The Clap Back: How Palantir And Nvidia Responded

Burry’s pointed critiques have gotten right up the nose of these big tech companies, prompting unusually direct and defensive responses.

Palantir’s “AI Tantrum”

On CNBC, Palantir CEO Alex Karp was asked about Burry’s comments and delivered an indignant and evasive response. Instead of addressing the arguments, he attacked the messenger, dismissing Burry as a short seller engaged in “market manipulation.” Regarding the idea of shorting chip companies, Karp declared it was “batshit crazy.” This deflection, focusing on the critic rather than the criticism, suggests Burry’s thesis may have landed uncomfortably close to home.

Nvidia’s Unusual Memo

Nvidia, the largest company in the world right now, took the highly unusual step of issuing a seven page memo to Wall Street analysts that mentioned Burry by name. The move signals that his arguments are gaining traction, yet the memo failed to meaningfully refute his core points.

• On Depreciation: Nvidia’s memo stated that customers depreciate GPUs over four to six years and that older chips still have “high utilization.” This completely sidesteps the argument. Burry’s claim is not about physical usage but about economic value. High utilization does not disprove the fact that extending the accounting life of rapidly aging hardware inflates current earnings.

• On Circular Financing: Nvidia countered that its investments are small and that its startup customers earn most of their revenue from third parties. This defense misses the point entirely. The issue is the existence of the investment to spending loop that artificially boosts Nvidia’s reported demand. For a deeper look at Nvidia’s strategic position, consider reading about The Unstoppable Rise of Nvidia’s Market Dominance.

The Real Warning: It’s Not Enron, It’s Cisco

In a follow up post, Burry clarified his ultimate warning. He emphasized that he is not calling Nvidia the next Enron, a company destroyed by outright accounting fraud. Instead, he is comparing the current situation to Cisco during the dot com bubble.

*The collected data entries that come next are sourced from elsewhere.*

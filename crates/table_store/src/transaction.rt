//! Transactions: all of their changes are kept, or none.
ghost use Rattle.std.specs.Prelude.{◌≡◌, ◌⊎◌, false, true, IfErr, OnOk, OnErr, IsTrue};
ghost use Rattle.sqlite.specs.Held.{state};
ghost use Rattle.sqlite.specs.State.{HasCleanDisk, Survives, Shows, IsUnchanged, IsRolledBack};
ghost use Rattle.table_store.specs.Values.{HasOldTables, HasTables};
ghost use Rattle.table_store.specs.Transactions.{Stops, IsBack, IsOfStore};

use crate::fault::{Failed, TableFault};
use sqlite::{Alter, Connection};

/// Begins a transaction. From now on only `commit` changes what a crash leaves.
pub fn begin<S: Alter>(conn: &mut Connection<S>) -> Result<(), TableFault>
    requires { HasCleanDisk (state S.Store conn.old)
        → (state S.Store conn.old).in_transaction ≡ false }
    ensures begun { HasCleanDisk (state S.Store conn.new)
        → OnOk result (Shows (state S.Store conn.old) (state S.Store conn.new)
        (state S.Store conn.old).now (state S.Store conn.old).committed true) }
    ensures tables { HasCleanDisk (state S.Store conn.new)
        → HasTables (state S.Store conn.old)
        → OnOk result (HasTables (state S.Store conn.new)) }
    ensures old_tables { HasCleanDisk (state S.Store conn.new)
        → HasOldTables (state S.Store conn.old)
        → OnOk result (HasOldTables (state S.Store conn.new)) }
    ensures stopped { HasCleanDisk (state S.Store conn.new)
        → IfErr result (Stops (state S.Store conn.old) (state S.Store conn.new)) }
    ensures fault { IfErr result IsOfStore }
    ensures crash { Survives (state S.Store conn.old) (state S.Store conn.new) (λ _. ⊥) }
{
    match conn.execute("BEGIN", &[]) {
        Ok(_) => Ok(()),
        Err(error) => Err(TableFault::Store(Failed::new(error))),
    }
}

/// Makes the transaction's tables those of the file. After `Store` a crash may leave these or the
/// former ones.
pub fn commit<S: Alter>(conn: &mut Connection<S>) -> Result<(), TableFault>
    requires { HasCleanDisk (state S.Store conn.old)
        → IsTrue (state S.Store conn.old).in_transaction }
    ensures committed { HasCleanDisk (state S.Store conn.new)
        → OnOk result (Shows (state S.Store conn.old) (state S.Store conn.new)
        (state S.Store conn.old).now (state S.Store conn.old).now false) }
    ensures tables { HasCleanDisk (state S.Store conn.new)
        → HasTables (state S.Store conn.old)
        → OnOk result (HasTables (state S.Store conn.new)) }
    ensures stopped { HasCleanDisk (state S.Store conn.new)
        → IfErr result (Stops (state S.Store conn.old) (state S.Store conn.new)) }
    ensures fault { IfErr result IsOfStore }
    ensures crash { Survives (state S.Store conn.old) (state S.Store conn.new)
        (λ trees. trees ≡ (state S.Store conn.old).now.trees) }
{
    match conn.execute("COMMIT", &[]) {
        Ok(_) => Ok(()),
        Err(error) => Err(TableFault::Store(Failed::new(error))),
    }
}

/// Whether the database still answers: it runs a text that does nothing.
fn still_answers<S: Alter>(conn: &mut Connection<S>) -> Result<(), TableFault>
    ensures same { HasCleanDisk (state S.Store conn.new)
        → OnOk result (IsUnchanged (state S.Store conn.old) (state S.Store conn.new)) }
    ensures failed { HasCleanDisk (state S.Store conn.new)
        → OnErr result (IsUnchanged (state S.Store conn.old) (state S.Store conn.new)
        ⊎ IsRolledBack (state S.Store conn.old) (state S.Store conn.new)) }
    ensures store { IfErr result IsOfStore }
    ensures crash { Survives (state S.Store conn.old) (state S.Store conn.new) (λ _. ⊥) }
{
    match conn.execute("", &[]) {
        Ok(_) => Ok(()),
        Err(error) => Err(TableFault::Store(Failed::new(error))),
    }
}

/// Ends the transaction, if one is open, and goes back to the last commit. It does no harm where
/// the database has done so by itself. Ok tells that the database still answers.
pub fn rollback<S: Alter>(conn: &mut Connection<S>) -> Result<(), TableFault>
    ensures undone { HasCleanDisk (state S.Store conn.new)
        → IsTrue (state S.Store conn.old).in_transaction
        → IsRolledBack (state S.Store conn.old) (state S.Store conn.new) }
    ensures back { HasCleanDisk (state S.Store conn.new)
        → IsBack (state S.Store conn.old) (state S.Store conn.new) }
    ensures open { HasCleanDisk (state S.Store conn.new)
        → OnOk result (IsTrue (state S.Store conn.new).is_open) }
    ensures store { IfErr result IsOfStore }
    ensures crash { Survives (state S.Store conn.old) (state S.Store conn.new) (λ _. ⊥) }
{
    if conn.is_autocommit() {
        return still_answers(conn);
    }
    match conn.execute("ROLLBACK", &[]) {
        Ok(_) => still_answers(conn),
        Err(error) => Err(TableFault::Store(Failed::new(error))),
    }
}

Cisco was a legitimate, highly profitable company that became the “poster child of the overbuild.” Investors mistook a massive, temporary boom in companies buying networking equipment for genuine, sustainable, long term demand. When the bubble burst, that demand vanished, and Cisco’s stock cratered. Burry’s warning is that the AI industry is making the same mistake, confusing a capital expenditure boom fueled by hype and circular funding for a durable economic revolution.

Final Takeaway

The question for investors is no longer if an AI revolution is happening, but whether the astronomical figures reported by its leaders represent genuine economic transformation or merely the echo of their own venture capital. Are Burry’s claims of manufactured revenue and accounting tricks a vital reality check on a sector consumed by hype? Or are they simply the calculated skepticism of a famous short seller? As capital continues to pour into AI, Burry’s warnings suggest investors should look past the soaring revenue figures and question whether the foundation of the boom is as solid as it appears.